Previous studies have shown that the expression or protein content of TALs could be induced after exposure to biotic stresses. For instance, the expression level of the TAL gene in cucumber leaves and the protein content of ToTal1 in potato were significantly induced by fungal infection (Caillau and Paul Quick 2005; Moehs et al. 1996). In this investigation, the transcript level of AsTal1 was induced by abiotic stresses such as salt, drought, cold and heavy metal stress. Furthermore, the expression level of AsTal1 was significantly induced by ABA treatment, suggesting that AsTal1 functions in ABA signaling.

ABA is an important phytohormone that regulates seed dormancy and germination and root development (Chen et al. 2014; Zhong et al. 2015). G6PDH, the other important enzyme of the OPPP, is involved in ABA-inducible repressors of seed germination in the ABA response (Du et al. 2019). Our results first showed that AsTal1 is also involved in the response to ABA during seed germination and root growth. Previous investigations indicated that overexpression of AtNCED3 and LeNCED1 enhances endogenous ABA accumulation (Espasandin et al. 2014; Zhang et al. 2009). CYP707A family proteins, the key enzymes involved in ABA catabolism, regulate ABA levels in plant cells (Kushiro et al. 2004; Todoroki and Ueno 2010). Our results indicated that overexpression of AsTal1 could suppress the expression level of NbNCED and increase the transcript levels of NbCYP707A1 and NbCYP707A2, suggesting that AsTal1 is involved in the ABA response by regulating genes involved in ABA biosynthesis and metabolism. The transcription factors ABI3 and ABI5 play vital roles in mediating ABA signaling during seed germination and dormancy (Bi et al. 2017; Monke et al. 2004; Pan et al. 2018). The transcript levels of ABI3 and ABI5 were inhibited in the AsTal1-overexpressing lines under ABA treatment in the present study, suggesting that the seed germination in the AsTal1-overexpressing lines are mediated by ABA-responsive transcription factors.

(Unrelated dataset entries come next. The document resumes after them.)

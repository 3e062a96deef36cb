//! Drawn keys dealt out to the parts of a split, against `takes` for each part and each item.

ghost use Rattle.std.specs.Prelude.{◌≡◌, ◌<◌, ◌≤◌, length, IfOk, OnOk, IsTrue};
ghost use Rattle.strat_live.specs.Counting.{are_below};
ghost use Rattle.strat_live.specs.Group.{is_descending};
ghost use Rattle.strat_split.specs.Dealing.{IsDealing};
ghost use Rattle.strat_split.specs.Hanging.{carriers_of};

use crate::drawn::{counted, group_of};
use crate::trees::{Shape, grown};
use std::alloc::Global;
use std::process::Abort;
use std::test::Fail;
use strat_arena::Item;
use strat_base::NoMemory;
use strat_split::parts::Plan;
use strat_split::{Dealer, Hanging, plan, takes};
use strat_tree::Tree;

/// Whether a part takes these items and no other.
fn takes_just(plan: &Plan, group: &[Item], tree: &Tree, q: u32, taken: &[Item]) -> bool
    requires kept { IsTrue (is_descending group.now) }
    requires fits { q < length plan.now.parts }
    requires len { IsTrue (are_below (length plan.now.part_of) group.now) }
    requires found { IsTrue (are_below (length tree.now.parents) group.now) }
{
    let mut n: usize = 0;
    for i in 0..group.len() {
        if takes(plan, group, tree, q, i) {
            match taken.get(n) {
                Some(item) if item.version == group[i].version => n = n.wrapping_add(1),
                _ => return false,
            }
        }
    }
    n == taken.len()
}

/// Whether the parts from one up to another take nothing.
fn take_nothing(plan: &Plan, group: &[Item], tree: &Tree, from: u32, end: u32) -> bool
    requires kept { IsTrue (is_descending group.now) }
    requires fits { end ≤ length plan.now.parts }
    requires len { IsTrue (are_below (length plan.now.part_of) group.now) }
    requires found { IsTrue (are_below (length tree.now.parents) group.now) }
{
    for q in from..end {
        if !takes_just(plan, group, tree, q, &[]) {
            return false;
        }
    }
    true
}

/// Whether each part is dealt what `takes` says.
fn is_well_dealt(
    dealer: &mut Dealer,
    group: &[Item],
    tree: &Tree,
    plan: &Plan,
    hanging: &Hanging,
) -> bool
    requires kept { IsDealing tree.now.parents plan.now group.now dealer.old }
    requires same { hanging.now ≡ carriers_of plan.now.part_of plan.now.parts }
    requires fits { length plan.now.parts ≤ 64 }
    ensures len { length dealer.new.heads ≡ length dealer.old.heads }
{
    let mut from: u32 = 0;
    while let Some(q) = dealer.next_part(group, tree, plan, hanging) {
        if !take_nothing(plan, group, tree, from, q)
            || !takes_just(plan, group, tree, q, dealer.taken())
        {
            return false;
        }
        from = q.wrapping_add(1);
    }
    take_nothing(plan, group, tree, from, plan.parts.len() as u32)
}

/// Deals the first part of a key, and drops the others.
fn drop_some(
    dealer: &mut Dealer,
    group: &[Item],
    tree: &Tree,
    plan: &Plan,
    hanging: &Hanging,
) -> Result<(), NoMemory>
    requires kept { IsTrue (is_descending group.now) }
    requires len { length dealer.old.heads ≡ length plan.now.parts }
    requires fits { IsTrue (are_below (length plan.now.part_of) group.now) }
    requires found { IsTrue (are_below (length tree.now.parents) group.now) }
    requires room { length group.now ≤ 64 }
    requires same { hanging.now ≡ carriers_of plan.now.part_of plan.now.parts }
    ensures len { OnOk result (length dealer.new.heads ≡ length dealer.old.heads) }
{
    dealer.begin(group, plan)?;
    let _ = dealer.next_part(group, tree, plan, hanging);
    Ok(())
}

/// Whether the items of a key are well dealt, after some of those of another were dropped.
fn deals_key(
    alloc: Global,
    dealer: &mut Dealer,
    key: u32,
    tree: &Tree,
    plan: &Plan,
    hanging: &Hanging,
) -> Result<bool, NoMemory>
    requires len { length dealer.old.heads ≡ length plan.now.parts }
    requires fits { (length plan.now.part_of ≡ length tree.now.parents)
        × (length tree.now.parents ≤ 64) × (length plan.now.parts ≤ 64) }
    requires same { hanging.now ≡ carriers_of plan.now.part_of plan.now.parts }
    ensures len { OnOk result (length dealer.new.heads ≡ length dealer.old.heads) }
{
    let other = group_of(alloc, key / 2, tree.count())?;
    drop_some(dealer, &other, tree, plan, hanging)?;
    let group = group_of(alloc, key, tree.count())?;
    dealer.begin(&group, plan)?;
    Ok(is_well_dealt(dealer, &group, tree, plan, hanging))
}

/// Whether so many keys in a tree of so many versions are well dealt out to the parts of their split.
fn deals(alloc: Global, shape: Shape, versions: u32, keys: u32) -> Result<bool, NoMemory>
    requires { (1 ≤ versions) × (versions ≤ 64) × (keys ≤ 1000) }
{
    let tree = grown(alloc, shape, versions)?;
    let counts = counted(alloc, &tree, versions, keys)?;
    let made = plan(alloc, &tree, &counts, versions)?;
    let hanging = Hanging::new(alloc, &made)?;
    let mut dealer = Dealer::new(alloc, made.parts.len())?;
    for key in 0..keys {
        if !deals_key(alloc, &mut dealer, key, &tree, &made, &hanging)? {
            return Ok(false);
        }
    }
    Ok(true)
}

#[test]
fn keys_in_a_chain_are_dealt_as_parts_take_them(rt: HostRuntime) -> Result<(), Fail> {
    assert!(rt; deals(rt.alloc(), Shape::Chain, 40, 60)?);
    Ok(())
}

#[test]
fn keys_in_a_star_are_dealt_as_parts_take_them(rt: HostRuntime) -> Result<(), Fail> {
    assert!(rt; deals(rt.alloc(), Shape::Star, 40, 60)?);
    Ok(())
}

#[test]
fn keys_in_a_comb_are_dealt_as_parts_take_them(rt: HostRuntime) -> Result<(), Fail> {
    assert!(rt; deals(rt.alloc(), Shape::Comb, 40, 60)?);
    Ok(())
}

#[test]
fn keys_in_a_drawn_tree_are_dealt_as_parts_take_them(rt: HostRuntime) -> Result<(), Fail> {
    assert!(rt; deals(rt.alloc(), Shape::Mixed, 64, 40)?);
    Ok(())
}

#[test]
fn few_keys_are_dealt_as_parts_take_them(rt: HostRuntime) -> Result<(), Fail> {
    assert!(rt; deals(rt.alloc(), Shape::Mixed, 64, 2)?);
    Ok(())
}
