//! Records of one region in a buffer.

ghost use Rattle.std.specs.Prelude.{◌≡◌, ◌≤◌, ◌<◌, ℕ, ◌+◌, [], ◌∷◌, ◌++◌, length, map, true, IsTrue, IfOk};
ghost use Rattle.std.specs.List.{list_all};
ghost use Rattle.strat_base.specs.Change.{is_lawful};
ghost use Rattle.strat_base.specs.ChangeView.{change_of};
ghost use Rattle.def_bytes.specs.Layout.{open_flag};
ghost use Rattle.def_bytes.specs.Records.{records_bytes};
ghost use Rattle.strat_journal.specs.Buffered.{no_records};
ghost use Rattle.strat_journal.specs.RegionReader.{AreRecords};

use crate::journal::{BATCH_MAX, Logged};
use crate::text::{behind_gate, move_to_front, put_record, put_records};
use def_bytes::RECORD_MAX;
use std::alloc::Global;
use std::marker::Model;
use strat_base::{Change, NoMemory};

/// The records of changes of one region, as they stand on the disk: first those of the list, and then those of a batch,
/// which are not on the disk yet. Its memory is taken once: 1,288 bytes for each change that a region takes, and for each
/// of 16 of a batch.
#[derive(Drop)]
pub(crate) struct RecordBuf {
    /// Changes per region.
    mem: u32,
    /// Changes in the list.
    count: u32,
    /// Changes in the batch.
    staged: u32,
    /// Where the list's records end.
    end: usize,
    /// Where the batch's records end, and a closed gate stands.
    len: usize,
    bytes: Vec<u8>,
}

impl Model for RecordBuf {
    ghost use Rattle.std.specs.Prelude.{drop};
    ghost use Rattle.strat_journal.specs.Buffered.{Buffered, changes_in, Keeps};

    ghost Value = { Buffered };

    ghost view = { λ b. record {
      mem = b.mem;
      list = changes_in b.count b.bytes.items;
      batch = changes_in b.staged (drop b.end b.bytes.items);
    } };

    ghost invariant = { λ b. Keeps (changes_in b.count b.bytes.items)
        (changes_in b.staged (drop b.end b.bytes.items))
        b.bytes.items b.mem b.count b.staged b.end b.len };
}

impl RecordBuf {
    /// No record, and room for as many changes as a region takes and for a batch.
    pub(crate) fn new(alloc: Global, mem: u32) -> Result<RecordBuf, NoMemory>
        requires fits { (4 ≤ mem) × (mem ≤ 4096) }
        ensures ok { IfOk result (λ b. b ≡ no_records mem) }
    {
        let room = RECORD_MAX as usize * (mem as usize + BATCH_MAX) + 1;
        Ok(RecordBuf {
            mem,
            count: 0,
            staged: 0,
            end: 0,
            len: 0,
            bytes: vec![in alloc; 0; room]?,
        })
    }

    /// Takes the list that recovery read, with its records as they were read: one copy of their bytes.
    pub(crate) fn restore(&mut self, logged: &[Logged], bytes: &[u8])
        requires kept { AreRecords bytes.now logged.now }
        requires room { length logged.now ≤ self.old.mem }
        ensures ok { self.new ≡ record self.old {
          list = map (λ l. l.change) logged.now;
          batch = [];
        } }
    {
        let end = bytes.len();
        put_records(&mut self.bytes, bytes);
        self.count = logged.len() as u32;
        self.staged = 0;
        self.end = end;
        self.len = end;
    }

    /// The number of changes in the list.
    pub(crate) fn count(&self) -> u32
        ensures ok { result ≡ length self.now.list }
        ensures fits { length self.now.list + length self.now.batch ≤ self.now.mem }
    {
        self.count
    }

    /// Where the list's records end.
    pub(crate) fn end(&self) -> usize
        ensures ok { result ≡ length (records_bytes self.now.list) }
        ensures fits { (list_all is_lawful self.now.list ≡ true)
            × (list_all is_lawful self.now.batch ≡ true)
            × (length self.now.list + length self.now.batch ≤ self.now.mem) }
        ensures len { result ≤ 5275648 }
    {
        self.end
    }

    /// The records of the list.
    pub(crate) fn records(&self) -> &[u8]
        ensures ok { result.now ≡ records_bytes self.now.list }
    {
        &self.bytes[..self.end]
    }

    /// The batch's records after the first one's gate, and the closed gate after them.
    pub(crate) fn behind_gate(&self) -> &[u8]
        requires { 0 < length self.now.batch }
        ensures ok { open_flag ∷ result.now ≡ records_bytes self.now.batch ++ 0 ∷ [] }
        ensures len { length result.now ≤ 5296257 }
    {
        behind_gate(&self.bytes, self.end, self.len)
    }

    /// Adds a change to the batch, in the time of copying its bytes. It takes no memory.
    pub(crate) fn add(&mut self, change: &Change<'_>)
        requires fits { IsTrue (is_lawful (change_of change.now)) }
        requires room { (length self.old.batch < 16)
            × (length self.old.list + length self.old.batch < self.old.mem) }
        ensures ok { self.new
            ≡ record self.old { batch = self.old.batch ++ change_of change.now ∷ [] } }
    {
        self.len = put_record(&mut self.bytes, self.len, change);
        self.staged += 1;
    }

    /// The batch joins the list.
    pub(crate) fn join(&mut self)
        ensures ok { self.new
            ≡ record self.old { list = self.old.list ++ self.old.batch; batch = [] } }
    {
        self.count += self.staged;
        self.staged = 0;
        self.end = self.len;
    }

    /// Forgets the list and the batch.
    pub(crate) fn clear(&mut self)
        ensures ok { self.new ≡ no_records self.old.mem }
    {
        self.bytes[0] = 0;
        self.count = 0;
        self.staged = 0;
        self.end = 0;
        self.len = 0;
    }

    /// Forgets the list, and moves the batch to the front: one copy of the batch's bytes.
    pub(crate) fn forget_list(&mut self)
        ensures ok { self.new ≡ record self.old { list = [] } }
    {
        move_to_front(&mut self.bytes, self.end, self.len);
        self.len -= self.end;
        self.end = 0;
        self.count = 0;
    }
}
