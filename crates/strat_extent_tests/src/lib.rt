//! Tests of the space of used and free blocks.
#![tactic(auto)]

#[cfg(test)]
mod drawn;
#[cfg(test)]
mod worked;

Superoxide anion (O2), hydroxyl radical (HO) and hydrogen peroxide (H2O2) radicals are produced at low concentrations in plant cells during plant growth and development (Mhamdi and Van Breusegem 2018; Zhou et al. 2020). It has been reported that exogenous ABA can induce ROS production in plant cells (Yan et al. 2007). Thus, we measured the influence of oxidative levels in the seeds and roots of AsTal1 OE lines and WT lines under ABA treatment. Our results showed that the ROS content was lower in the OE lines than in the WT lines under ABA treatment. ROS produce NADPH oxidase, which plays a vital role in the ABA response in maize and in ABA-inhibited primary root growth in Arabidopsis (Kwak et al. 2003). Our investigation indicated that overexpressing AsTal1 inhibited the expression levels of NbrbohA and NbrbohB. Due to the physicochemical toxicity of ROS, plants have a set of antioxidant enzymes, such as APX, SOD and POD, to scavenge excess ROS and maintain the balance between ROS production and scavenging (Ijaz et al. 2017; Xu et al. 2018). Therefore, we also measured the abundance and activities of antioxidant enzymes such as APX, SOD, and POD in AsTal1 OE lines and WT lines under ABA treatment. The results suggested that AsTal1 overexpression could enhance antioxidant enzyme activities and increase expression levels to remove excess ROS under ABA treatment.